ROMA – “Partiamo da un presupposto: le acque di Gaza sono acque palestinesi, non israeliane, perciò lo Stato di Israele non ha diritto ne’ di intercettare le imbarcazioni della Flotilla, ne’ tanto meno di attaccarle“. Questa l’analisi che il docente di diritto penale internazionale Triestino Mariniello condivide con l’agenzia Dire, mentre le 45 imbarcazioni della missione civile ‘Global Sumud Flotilla’ vengono intercettate dalle navi della Marina militare israeliana. Intorno alle 19.30 ora italiana è iniziata l’operazione che Israele aveva assicurato da tempo: fermare le barche con a bordo attivisti e aiuti umanitari, in viaggio verso le coste palestinesi. L’operazione è avvenuta a circa 70 miglia nautiche.

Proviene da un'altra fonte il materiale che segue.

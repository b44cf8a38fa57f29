//! The frames of a link, by name.
use std::fmt;

/// The command of a frame. The names are those of DRBD's `drbd_protocol.h`, without their prefix `P_`.
#[derive(Clone, Copy, Debug, PartialEq, Eq)]
pub enum Command {
    /// A write.
    Data,
    /// A block of a resync.
    RsDataReply,
    /// The end of an epoch.
    Barrier,
    /// The replication protocol, the first frame of a hello.
    Protocol,
    /// The four generation identifiers, the third frame of a hello.
    Uuids,
    /// The size of the device, the second frame of a hello.
    Sizes,
    /// The start of a resync.
    SyncUuid,
    /// A write was received.
    RecvAck,
    /// A write is on the peer's disk.
    WriteAck,
    /// A block of a resync is on the peer's disk.
    RsWriteAck,
    /// All writes of an epoch are on the peer's disk.
    BarrierAck,
}

impl fmt::Display for Command {
    fn fmt<W: fmt::Write>(&self, f: &mut fmt::Formatter<W>) -> fmt::Result {
        f.write_str(match self {
            Command::Data => "DATA",
            Command::RsDataReply => "RS_DATA_REPLY",
            Command::Barrier => "BARRIER",
            Command::Protocol => "PROTOCOL",
            Command::Uuids => "UUIDS",
            Command::Sizes => "SIZES",
            Command::SyncUuid => "SYNC_UUID",
            Command::RecvAck => "RECV_ACK",
            Command::WriteAck => "WRITE_ACK",
            Command::RsWriteAck => "RS_WRITE_ACK",
            Command::BarrierAck => "BARRIER_ACK",
        })
    }
}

Il giurista continua: “Secondo il diritto internazionale, si può intercettare o attaccare navi in acque non proprie solo in circostanze molto specifiche che comportano una minaccia alla sicurezza del Paese, come in caso di pirateria o tratta di esseri umani. Ma non è questo assolutamente il caso”.

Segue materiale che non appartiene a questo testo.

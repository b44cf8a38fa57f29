//! The outcome of a step of a node or of a pair.
ghost use Rattle.std.specs.Prelude.{◌≡◌, Option, None, false};

use crate::{Block, Command, Refusal};
use std::fmt;

/// The primary's decision from the two tuples of identifiers, once it has the peer's (this project's rule, after the
/// DRBD User's Guide, "Generation identifiers").
#[derive(Clone, Copy, Debug, PartialEq, Eq)]
pub enum Decision {
    /// The disks agree.
    NoSync,
    /// The marked blocks are copied.
    BitmapSync,
    /// Every block is copied.
    FullSync,
}

impl fmt::Display for Decision {
    fn fmt<W: fmt::Write>(&self, f: &mut fmt::Formatter<W>) -> fmt::Result {
        f.write_str(match self {
            Decision::NoSync => "NoSync",
            Decision::BitmapSync => "BitmapSync",
            Decision::FullSync => "FullSync",
        })
    }
}

/// The subject of a step.
#[derive(Clone, Copy, Debug, PartialEq, Eq)]
pub enum What {
    /// Nothing that has a name.
    Nothing,
    /// A write was accepted under this number.
    Write(u64),
    /// A block was read for a resync, and its item has this place in the stream.
    Block(Block, u32),
    /// The peer's identifiers were taken, and this was decided.
    Decided(Decision),
    /// A frame went over the link; it has a place if it is an item of the stream.
    Frame(Command, Option<u32>),
}

/// The report of a step that was done.
#[derive(Clone, Copy, Debug, PartialEq, Eq)]
pub struct Done {
    /// Its subject.
    pub what: What,
    /// The number of the write that it completed.
    pub completed: Option<u64>,
    /// The number of the barrier that it appended to the stream.
    pub barrier: Option<u32>,
    /// Whether it ended a resync.
    pub synced: bool,
}

impl Done {
    /// Returns the report of a step that did nothing beyond its subject.
    pub fn about(what: What) -> Done
        ensures { result ≡ record { what = what; completed = None; barrier = None; synced = false } }
    {
        Done {
            what,
            completed: None,
            barrier: None,
            synced: false,
        }
    }
}

/// The reply to an event.
#[derive(Clone, Copy, Debug, PartialEq, Eq)]
pub enum Reply {
    /// The step was done.
    Ok(Done),
    /// The primary closed its end, and that completed this number of writes.
    Closed(u32),
    /// The step was refused.
    Refused(Refusal),
}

Nella mattinata di ieri, l’esercito israeliano ha tuttavia accusato la Global Sumud Flotilla di affiliazione ad Hamas: “Sono accuse mosse per porre i soggetti della Flotilla al di fuori di qualsiasi protezione”, osserva Mariniello. “In Israele, se una persona viene definita terrorista si vede negare sistematicamente qualsiasi diritto umano, tra cui quello al giusto processo o alla libertà, ed è esposta al rischio di subire atti di violenza”.